The leaders of each department were responsible for making sure the software met their needs. Our informatics team would support each one of those directors, but the build decisions weren’t made by informatics or the IT side. They were made by the clinical side.
Every time you have to manually enter information, there’s an opportunity for error. And so it wasn’t hard to get buy-in from providers.
We set the expectation that everything’s not going to be perfect at go-live. Instead, it’s the baseline from where we we’re going to continue to build.
Gamble: Let’s start with an overview of North Country Hospital — what you have in terms of care offerings, where you’re located, etc.
Pierce: North Country Hospital is located in northeastern Vermont. We’re a critical access hospital; we have 25 beds. There’s not another hospital for over 40 miles, so we’re pretty much an island, and the community is very dependent on us. We own about 85 percent of the practices in the community.

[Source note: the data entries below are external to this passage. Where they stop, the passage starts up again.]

//! A run that goes on from a saved state.
ghost use Rattle.std.specs.Prelude.{◌≡◌, ◌≤◌, ◌<◌, Some, true, MatchResult, map, string_bytes};
ghost use Rattle.std.specs.List.{list_all};
ghost use Rattle.std.specs.Str.{is_utf8};
ghost use Rattle.lola_model.specs.Acceptance.{IsAccepted};
ghost use Rattle.lola_monitor_command.specs.Bounds.{IsRunInBounds};
ghost use Rattle.lola_monitor_command.specs.Command.{command_of};
ghost use Rattle.lola_monitor_run.specs.Running.{keeping};
ghost use Rattle.lola_monitor.specs.Causes.{Causes};
ghost use Rattle.lola_monitor.specs.Command.{names_asked, resumption_with};
ghost use Rattle.lola_monitor.specs.Monitor.{Asked, outside};
ghost use Rattle.lola_monitor.specs.Resumed.{inputs_of};
ghost use Rattle.lola_monitor.specs.ResumedOutcomes.{RunRead, WorksResumed, without_engine as without_engine_of};
ghost use Rattle.lola_monitor.specs.Stating.{NoEngine};

use crate::call_end::{CallEnd, Unloaded};
use crate::planning::without_plan;
use crate::sources::run_sources;
use crate::stating::{ReadSpecification, read_engine, read_specification};
use lola_model::journal::Show;
use lola_model::plan::Plan;
use lola_monitor_command::command::{Command, RunCommand};
use lola_monitor_command::names::named;
use lola_monitor_command::said::NamePlace;
use lola_monitor_run::run::Run;
use lola_port::{Gate, Shelf, Sink};
use lola_value::words::word_at;
use std::alloc::Global;
use std::hash::RandomState;
use std::sync::Wait;
use std::thread::Threads;

/// A run that goes on, and where the merge of its sources begins.
#[derive(Drop)]
pub struct Resumed {
    pub run: Run,
    pub start: Option<u64>,
}

/// How a call ends without an engine.
pub fn without_engine(end: Unloaded) -> CallEnd
    ensures { result ≡ without_engine_of end }
{
    match end {
        Unloaded::Stated(end) => CallEnd::Stated(end),
        Unloaded::Memory => CallEnd::Memory,
    }
}

/// Reads a state of a plan, whose specification is given by its bytes, and makes a run that goes on from it. The bytes of the state are let
/// go.
pub fn run_of_state<F: Shelf>(
    alloc: Global,
    hasher: RandomState,
    specification: &[u8],
    plan: Plan,
    name: &str,
    show: Show,
    workers: u32,
    shelf: &mut F,
) -> Result<Resumed, Unloaded>
    requires out { (F.state shelf.old).out < 65536 }
    requires accepted { IsAccepted plan }
    requires texts { list_all is_utf8 plan.spec.texts ≡ true }
    requires workers { (1 ≤ workers) × (workers ≤ 64) }
    ensures { MatchResult result (λ resumed. RunRead specification.now plan show name.now (keeping resumed.run) resumed.start (F.state shelf.old) (F.state shelf.new))
        (λ end. NoEngine end specification.now plan name.now (F.state shelf.old) (F.state shelf.new)) }
{
    let engine = match read_engine(
        alloc,
        hasher,
        specification,
        plan,
        name,
        show,
        workers,
        shelf,
    ) {
        Ok(engine) => engine,
        Err(end) => return Err(end),
    };
    let start = engine.times().merge_start();
    match Run::resume(alloc, engine) {
        Ok(run) => Ok(Resumed { run, start }),
        Err(_) => Err(Unloaded::Memory),
    }
}

// The same of a specification, whose bytes are let go too.
fn read_run<F: Shelf>(
    alloc: Global,
    hasher: RandomState,
    specification: ReadSpecification,
    name: &str,
    show: Show,
    workers: u32,
    shelf: &mut F,
) -> Result<Resumed, Unloaded>
    requires out { (F.state shelf.old).out < 65536 }
    requires accepted { IsAccepted specification.plan }
    requires texts { list_all is_utf8 specification.plan.spec.texts ≡ true }
    requires workers { (1 ≤ workers) × (workers ≤ 64) }
    ensures { MatchResult result (λ resumed. RunRead specification.bytes.items specification.plan show name.now (keeping resumed.run) resumed.start (F.state shelf.old) (F.state shelf.new))
        (λ end. NoEngine end specification.bytes.items specification.plan name.now (F.state shelf.old) (F.state shelf.new)) }
{
    let ReadSpecification { bytes, plan } = specification;
    run_of_state(alloc, hasher, &bytes, plan, name, show, workers, shelf)
}

/// All but the last line of a run that goes on from a saved state: the specification is read, then the state, and then the sources, whose
/// rows come behind the journal whose state it is. The merge of the sources begins where that journal had come to.
pub fn resume<R: Threads + Wait + Sync, F: Shelf, K: Sink, T: Sink, G: Gate + Sync>(
    rt: &R,
    alloc: Global,
    hasher: RandomState,
    words: &[String],
    command: &RunCommand,
    place: NamePlace,
    shelf: &mut F,
    out: &mut K,
    trace: &mut T,
    gate: &G,
) -> CallEnd
    requires out { (F.state shelf.old).out ≡ 0 }
    requires is_run { command_of (map string_bytes words.now) ≡ Some (Command.Run command.now) }
    requires bounds { IsRunInBounds command.now }
    requires is_state { command.now.state ≡ Some place }
    ensures works { WorksResumed result (resumption_with (map string_bytes words.now) command.now place) (outside (F.state shelf.old) (K.state out.old) (T.state trace.old))
        (outside (F.state shelf.new) (K.state out.new) (T.state trace.new)) }
    ensures cause { Causes result (inputs_of (resumption_with (map string_bytes words.now) command.now place)) (outside (F.state shelf.old) (K.state out.old) (T.state trace.old))
        (outside (F.state shelf.new) (K.state out.new) (T.state trace.new)) }
    ensures asked { Asked (names_asked (map string_bytes words.now)) (F.state shelf.old) (F.state shelf.new) }
{
    let specification = match read_specification(
        alloc,
        shelf,
        word_at(words, command.specification),
    ) {
        Ok(specification) => specification,
        Err(end) => return without_plan(end),
    };
    let name = named(words, place);
    let resumed = match read_run(
        alloc,
        hasher,
        specification,
        name,
        command.show,
        command.workers,
        shelf,
    ) {
        Ok(resumed) => resumed,
        Err(end) => return without_engine(end),
    };
    run_sources(
        rt,
        alloc,
        resumed.run,
        resumed.start,
        words,
        command,
        shelf,
        out,
        trace,
        gate,
    )
}
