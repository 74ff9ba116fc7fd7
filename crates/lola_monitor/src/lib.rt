//! The monitor's one call: all that the program does.
//!
//! Promised: how a command ends, with its status, its verdicts and its trace, whatever the sources hold, in whatever order their
//! threads hand in rows and with however many workers. Its law says that what a call put to its trace tells the rows that it took.
//! Not promised: that a run over an endless source ends, the order of files that are merged, and how long anything takes.
#![tactic(auto)]

mod analysing;
mod call_end;
mod drilling;
mod ending;
pub mod law;
mod monitor;
mod nowhere;
mod planning;
mod putting;
mod reading;
mod replaying;
mod resuming;
mod saving;
mod sources;
mod stating;

pub use monitor::run_monitor;
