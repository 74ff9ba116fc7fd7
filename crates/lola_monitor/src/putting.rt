//! The last line of a call, put to a sink.
ghost use Rattle.std.specs.Prelude.{◌≡◌, ◌<◌, IfOk};
ghost use Rattle.lola_report.specs.Ends.{end_text};
ghost use Rattle.lola_replay.specs.ReplayEnds.{replay_end_text};
ghost use Rattle.lola_save.specs.StateEnds.{state_end_text};
ghost use Rattle.lola_monitor.specs.Conclusions.{Concluded, status_found, status_replayed, status_replayed_without, status_stated, status_with, status_without};

use crate::call_end::CallEnd;
use lola_port::{PutEnd, Sink};
use lola_replay::end::{ReplayEnd, replay_end_line};
use lola_replay::finding::Finding;
use lola_report::end::{EndLine, end_line};
use lola_save::end::{StateEnd, state_end_line};
use lola_value::text::{Memory, Text};
use std::alloc::Global;

// The text of a last line.
fn line_text(alloc: Global, line: &EndLine) -> Result<Text, Memory>
    ensures { IfOk result (λ text. text ≡ end_text line.now) }
{
    let mut text = Text::from_bytes(alloc, b"")?;
    end_line(line, &mut text)?;
    Ok(text)
}

// The status that goes with a last line.
fn status_of(line: &EndLine) -> u8
    ensures { result ≡ status_with line.now }
{
    match line {
        EndLine::Done { .. } | EndLine::Analysed { .. } => 0,
        EndLine::Usage => 2,
        EndLine::Refused(_) => 3,
        EndLine::Malformed { .. } => 4,
        EndLine::Fault { .. } => 5,
        EndLine::UnreadableSpecification | EndLine::UnreadableSource(_) => 6,
    }
}

// The status where the last line was not put whole.
fn status_without_line(line: &EndLine) -> u8
    ensures { result ≡ status_without line.now }
{
    match line {
        EndLine::Done { .. } | EndLine::Malformed { .. } | EndLine::Analysed { .. } => 7,
        _ => status_of(line),
    }
}

// Puts a report with its last line, and answers the status.
fn put_report<K: Sink>(text: &Text, out: &mut K) -> u8
    ensures { Concluded result (CallEnd.Report text.now) (K.state out.old) (K.state out.new) }
{
    let bytes = text.as_bytes();
    if bytes.is_empty() {
        return 0;
    }
    match out.put(bytes) {
        Ok(()) => 0,
        Err(PutEnd::Failed) => 7,
        Err(PutEnd::Memory) => 8,
    }
}

// The text of the last line of a replay.
fn replay_text(alloc: Global, end: ReplayEnd) -> Result<Text, Memory>
    ensures { IfOk result (λ text. text ≡ replay_end_text end) }
{
    let mut text = Text::from_bytes(alloc, b"")?;
    replay_end_line(end, &mut text)?;
    Ok(text)
}

// The status that goes with what was found of a trace and verdicts.
fn status_found(finding: Finding) -> u8
    ensures { result ≡ status_found finding }
{
    match finding {
        Finding::Same { .. } => 0,
        Finding::TraceDiffers(_) | Finding::VerdictsDiffer(_) => 1,
    }
}

// The status that goes with the last line of a replay.
fn status_replayed(end: ReplayEnd) -> u8
    ensures { result ≡ status_replayed end }
{
    match end {
        ReplayEnd::Found(finding) => status_found(finding),
        ReplayEnd::UnreadableTrace | ReplayEnd::UnreadableVerdicts => 6,
    }
}

// The status where that line was not put whole.
fn status_replayed_without(end: ReplayEnd) -> u8
    ensures { result ≡ status_replayed_without end }
{
    match end {
        ReplayEnd::Found(Finding::Same { .. }) => 7,
        _ => status_replayed(end),
    }
}

// Puts the last line of a replay, and answers the status.
fn put_replay<K: Sink>(alloc: Global, end: ReplayEnd, out: &mut K) -> u8
    ensures { Concluded result (CallEnd.Replayed end) (K.state out.old) (K.state out.new) }
{
    let Ok(text) = replay_text(alloc, end) else {
        return 8;
    };
    let bytes = text.as_bytes();
    match out.put(bytes) {
        Ok(()) => status_replayed(end),
        Err(PutEnd::Failed) => status_replayed_without(end),
        Err(PutEnd::Memory) => 8,
    }
}

// The text of the last line of a state.
fn stated_text(alloc: Global, end: StateEnd) -> Result<Text, Memory>
    ensures { IfOk result (λ text. text ≡ state_end_text end) }
{
    let mut text = Text::from_bytes(alloc, b"")?;
    state_end_line(end, &mut text)?;
    Ok(text)
}

// The status that goes with the last line of a state, whether or not it was put whole.
fn status_stated(end: StateEnd) -> u8
    ensures { result ≡ status_stated end }
{
    match end {
        StateEnd::Unreadable => 6,
        StateEnd::Damaged(_) | StateEnd::OtherSpecification | StateEnd::TooManySteps => 9,
    }
}

// Puts the last line of a state, and answers the status.
fn put_stated<K: Sink>(alloc: Global, end: StateEnd, out: &mut K) -> u8
    ensures { Concluded result (CallEnd.Stated end) (K.state out.old) (K.state out.new) }
{
    let Ok(text) = stated_text(alloc, end) else {
        return 8;
    };
    let bytes = text.as_bytes();
    match out.put(bytes) {
        Ok(()) | Err(PutEnd::Failed) => status_stated(end),
        Err(PutEnd::Memory) => 8,
    }
}

/// Puts the last line of a call, or its report, and answers its status.
pub fn conclude<K: Sink>(alloc: Global, outcome: CallEnd, out: &mut K) -> u8
    ensures { Concluded result outcome (K.state out.old) (K.state out.new) }
{
    let line = match outcome {
        CallEnd::Line(line) | CallEnd::Drilled(line) => line,
        CallEnd::Report(text) => return put_report(&text, out),
        CallEnd::Replayed(end) => return put_replay(alloc, end, out),
        CallEnd::Stated(end) => return put_stated(alloc, end, out),
        CallEnd::CutFault => return 5,
        CallEnd::Put => return 7,
        CallEnd::Memory => return 8,
    };
    let Ok(text) = line_text(alloc, &line) else {
        return 8;
    };
    match out.put(text.as_bytes()) {
        Ok(()) => status_of(&line),
        Err(PutEnd::Failed) => status_without_line(&line),
        Err(PutEnd::Memory) => 8,
    }
}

We have an emergency department and a surgical department, and we offer maternal child health services. We have two large primary care offices and 14 clinics that offer a variety of specialty services for our community. We recently did a community needs assessment to make sure we’re providing all the services that are needed. There may be a few additional offerings that spring up over the next year or two based on that.
Gamble: Right. And you said North Country owns about 85 percent of the practices in the area?
Pierce: It may be higher than that; I can only think of two practices in the area that are not hospital-owned at this point. One is a pediatrics practice and one is primary care, and they’re both single provider offices. We became owner of all these practices because it’s very hard as an independent physician in a rural community to meet all the challenges.